Mais les Burundais des circonscriptions proches de la frontière exploitent eux aussi cette disparité entre les deux monnaies. Ainsi, tous les jeudis et samedis matin (jours de marché au Rwanda), des gens colis sur la tête traversent l’Akanyaru, la rivière séparant les deux pays. Ce sont de petits vendeurs, mais aussi des agriculteurs qui vont y vendre leurs produits, surtout des denrées alimentaires (banane, riz, sorgho…) et aussi du tabac, très demandés par leurs voisins. Les paysans y gagnent beaucoup plus que chez eux. "Après la récolte, quand je dois en vendre une partie pour m’approvisionner en d’autres produits, je saute vendre au Rwanda", indique Sylvie, une veuve de la région de Ngozi. Pour envoyer son fils à l'école, il lui a ainsi suffi de vendre 18 kg de haricots au Rwanda au lieu de 24 chez elle pour réunir les 12 000 Frbu (12$) nécessaires. Une aubaine pour elle.

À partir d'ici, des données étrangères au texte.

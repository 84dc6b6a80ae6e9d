//! Splits the content of a frame into fields.
ghost use Rattle.std.specs.Prelude.{◌≡◌, ℕ, ◌+◌, ◌^◌, ◌<◌, ◌≤◌, length, drop, List, Option, IfOk, IfSome};
ghost use Rattle.std.specs.List.{position};
ghost use Rattle.fix_fields.specs.Forms.{tag_of};
ghost use Rattle.fix_fields.specs.Fronts.{IsInFront, valued, tagged_cut};
ghost use Rattle.fix_fields.specs.Fields.{is_end, is_length, data_behind, plain_cut, data_cut, cut_at, split, CutsAs, SplitsAs};
ghost use Rattle.fix_fields.specs.Spelling.{AreFields, spellings};
ghost use Rattle.fix_fields.specs.declared.field.Field.{Field};

use crate::field::{Field, FieldFault};
use crate::forms::{number, numeral, place_of};
use std::alloc::Global;
use venue_words::limits::{MAX_FRAME_BYTES, SOH};

/// RawDataLength and EncodedTextLen, which give the length of the field behind them.
const RAW_DATA_LENGTH: u32 = 95;

const ENCODED_TEXT_LEN: u32 = 354;

/// So many fields have room at once: an order seldom has more.
const USUAL_FIELDS: usize = 24;

/// The data that must follow a field which gives its length.
#[derive(Clone, Copy, Debug)]
pub(crate) struct Due {
    tag: u32,
    size: u32,
}

/// The tag that bytes spell: 1 to 5 digits, the first not 0.
#[tactic(auto, unfolding(crate::specs::Forms::tag_of))]
fn tag_of(bytes: &[u8]) -> Option<u32>
    ensures { result ≡ tag_of bytes.now }
{
    if bytes.is_empty() || bytes.len() > 5 || bytes[0] == b'0' {
        return None;
    }
    match numeral(bytes) {
        Some(value) => Some(value as u32),
        None => None,
    }
}

/// Whether a field gives the length of the data behind it.
fn is_length(tag: u32) -> bool
    ensures { result ≡ is_length tag }
{
    tag == RAW_DATA_LENGTH || tag == ENCODED_TEXT_LEN
}

/// The data that must follow a field.
#[tactic(auto, unfolding(crate::specs::Fields::data_behind))]
fn data_behind(tag: u32, bytes: &[u8]) -> Option<Due>
    ensures { result ≡ data_behind tag bytes.now }
{
    if !is_length(tag) {
        return None;
    }
    let size = number(bytes)?;
    Some(Due { tag: tag + 1, size })
}

/// The field of a tag with its value, which takes so many bytes; where it gives a length, that has to be a number.
fn valued(at: u32, tag: u32, bytes: &[u8], size: usize) -> Result<(Field<'_>, usize), FieldFault>
    ensures value { CutsAs result (valued at tag bytes.now size) }
    ensures size { IfOk result (λ cut. cut.1 ≡ size) }
{
    if is_length(tag) && number(bytes).is_none() {
        return Err(FieldFault::DataShort { at });
    }
    Ok((Field { tag, bytes }, size))
}

/// The tag that bytes spell up to a `=`, and the place of that `=`.
fn tag_in_front(bytes: &[u8]) -> Option<(u32, usize)>
    ensures { IfSome result (λ found. IsInFront found.0 found.1 bytes.now) }
{
    let mut tag: u64 = 0;
    for (i, byte) in bytes.iter().enumerate() {
        if *byte == b'=' {
            if i == 0 || bytes[0] == b'0' {
                return None;
            }
            return Some((tag as u32, i));
        }
        if i >= 5 || !byte.is_ascii_digit() {
            return None;
        }
        tag = tag * 10 + (*byte - b'0') as u64;
    }
    None
}

/// The end of a value. It is called, since a loop inlined into those around it has their counts to keep.
#[inline(never)]
fn end_of(bytes: &[u8]) -> Option<usize>
    ensures { result ≡ position is_end bytes.now }
{
    place_of(SOH, bytes)
}

/// The field of a tag whose value is at the front of the rest, and how many bytes it takes with those before the value.
#[tactic(auto, unfolding(crate::specs::Fronts::tagged_cut))]
fn tagged_field(
    at: u32,
    tag: u32,
    before: usize,
    rest: &[u8],
) -> Result<(Field<'_>, usize), FieldFault>
    requires { before + length rest.now < 2 ^ 63 }
    ensures value { CutsAs result (tagged_cut at tag before rest.now) }
    ensures size { IfOk result (λ cut. (0 < cut.1) × (cut.1 ≤ before + length rest.now)) }
{
    let end = end_of(rest).ok_or(FieldFault::NoEnd { at })?;
    let bytes = &rest[..end];
    valued(at, tag, bytes, before + end + 1)
}

/// A field at the front of the rest that begins with no tag, or with a tag that is none.
#[tactic(auto, unfolding(crate::specs::Fields::plain_cut))]
fn untagged_field(at: u32, rest: &[u8]) -> Result<(Field<'_>, usize), FieldFault>
    ensures value { CutsAs result (plain_cut at rest.now) }
    ensures size { IfOk result (λ cut. (0 < cut.1) × (cut.1 ≤ length rest.now)) }
{
    let end = place_of(SOH, rest).ok_or(FieldFault::NoEnd { at })?;
    let line = &rest[..end];
    let equals = place_of(b'=', line).ok_or(FieldFault::NoEquals { at })?;
    let tag = tag_of(&line[..equals]).ok_or(FieldFault::BadTag { at })?;
    valued(at, tag, &line[equals + 1..], end + 1)
}

/// The field at the front of the rest, which ends at the first SOH, and how many bytes it takes.
fn plain_field(at: u32, rest: &[u8]) -> Result<(Field<'_>, usize), FieldFault>
    ensures value { CutsAs result (plain_cut at rest.now) }
    ensures size { IfOk result (λ cut. (0 < cut.1) × (cut.1 ≤ length rest.now)) }
{
    match tag_in_front(rest) {
        Some((tag, equals)) => tagged_field(at, tag, equals + 1, &rest[equals + 1..]),
        None => untagged_field(at, rest),
    }
}

/// The field with the data that must stand at the front of the rest, and how many bytes it takes.
#[tactic(auto, unfolding(crate::specs::Fields::data_cut))]
fn data_field(at: u32, due: Due, rest: &[u8]) -> Result<(Field<'_>, usize), FieldFault>
    ensures value { CutsAs result (data_cut at due rest.now) }
    ensures size { IfOk result (λ cut. (0 < cut.1) × (cut.1 ≤ length rest.now)) }
{
    let front: &[u8] = if due.tag == 96 { b"96=" } else { b"355=" };
    let start = front.len();
    let end = start + due.size as usize;
    if !rest.starts_with(front) || rest.len() <= end || rest[end] != SOH {
        return Err(FieldFault::DataShort { at });
    }
    let tag = due.tag;
    let bytes = &rest[start..end];
    Ok((Field { tag, bytes }, end + 1))
}

/// The next field, and how many bytes it takes.
fn next_field(at: u32, due: Option<Due>, rest: &[u8]) -> Result<(Field<'_>, usize), FieldFault>
    ensures value { CutsAs result (cut_at at due rest.now) }
    ensures size { IfOk result (λ cut. (0 < cut.1) × (cut.1 ≤ length rest.now)) }
{
    match due {
        None => plain_field(at, rest),
        Some(due) => data_field(at, due, rest),
    }
}

/// The fields, one by one from the front.
fn split_fields(alloc: Global, bytes: &[u8]) -> Result<Vec<Field<'_>>, FieldFault>
    requires { length bytes.now ≤ MAX_FRAME_BYTES }
    ensures { SplitsAs result (split bytes.now) }
{
    let mut found = Vec::with_capacity(alloc, USUAL_FIELDS)?;
    let mut due: Option<Due> = None;
    let mut at = 0;
    while at < bytes.len() || due.is_some() {
        let (field, size) = next_field(at as u32, due, &bytes[at..])?;
        due = data_behind(field.tag, field.bytes);
        found.push(field)?;
        at += size;
    }
    Ok(found)
}

/// The fields of the content of a frame: what stands between BodyLength and CheckSum, with tag, `=`, value and SOH
/// one behind the other. A value holds no SOH, except in RawData (96) and EncodedText (355), which have as many bytes
/// as the field before them says (95, 354). An error is the first fault from the left.
pub fn fields(alloc: Global, bytes: &[u8]) -> Result<Vec<Field<'_>>, FieldFault>
    requires { length bytes.now ≤ MAX_FRAME_BYTES }

    // What is found is fields, and spells the bytes.
    ensures found { IfOk result (λ v. AreFields None v.items × (bytes.now ≡ spellings v.items)) }

    // Where fields spell the bytes, they are found, unless memory runs out.
    ensures only { (fields : List Field) → AreFields None fields → bytes.now ≡ spellings fields
        → SplitsAs result (Ok fields) }

    // Which fault it is, and where.
    ensures exact { SplitsAs result (split bytes.now) }
{
    split_fields(alloc, bytes)
}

Les jeunes quittent l'école
Des jeunes Burundais, petits commerçants, en profitent aussi. Ils sont de plus en plus nombreux. La plupart d'entre eux passent clandestinement la frontière la nuit. Ils transportent surtout du riz, du café et parfois des produits manufacturés comme des engrais chimiques, des insecticides utilisés en agriculture… En fonction de la saison, ils choisissent ce qui peut leur rapporter le plus de bénéfice. Grâce à ce commerce, selon le chef de quartier au centre de négoce de Gatare en province de Kirundo, de plus en plus de gens, surtout les jeunes, ont des motos. Dans ce petit village, on en dénombre une vingtaine alors qu’il n'y en avait que cinq il y a environ quatre ans.
Mais ces ventes clandestines à l'étranger des produits burundais font grimper les prix de certaines denrées qui se font plus rares et pénalisent les producteurs qui ont besoin de ces intrants agricoles. Le prix d’un kilo de banane, habituellement voisin de 100 Fbu (0,1 $), coûte aujourd'hui le double. Celui des haricots et du riz ne baisse plus pendant les périodes de récolte comme auparavant.
La course à la monnaie rwandaise affecte également l'éducation au Burundi. Selon deux directeurs d’école dans les communes de Busiga et Mwumba, situées à la frontière, des jeunes tentés par ce commerce lucratif, abandonnent leurs études. D'autres arrivent en retard aux cours, car ils se rendent souvent la nuit au Rwanda. Pour d'autres, cependant, ce commerce est un moyen pour financer leurs études. C'est le cas de François qui est orphelin et ne pourrait, sans cette activité être aujourd'hui élève au Lycée Kiremba.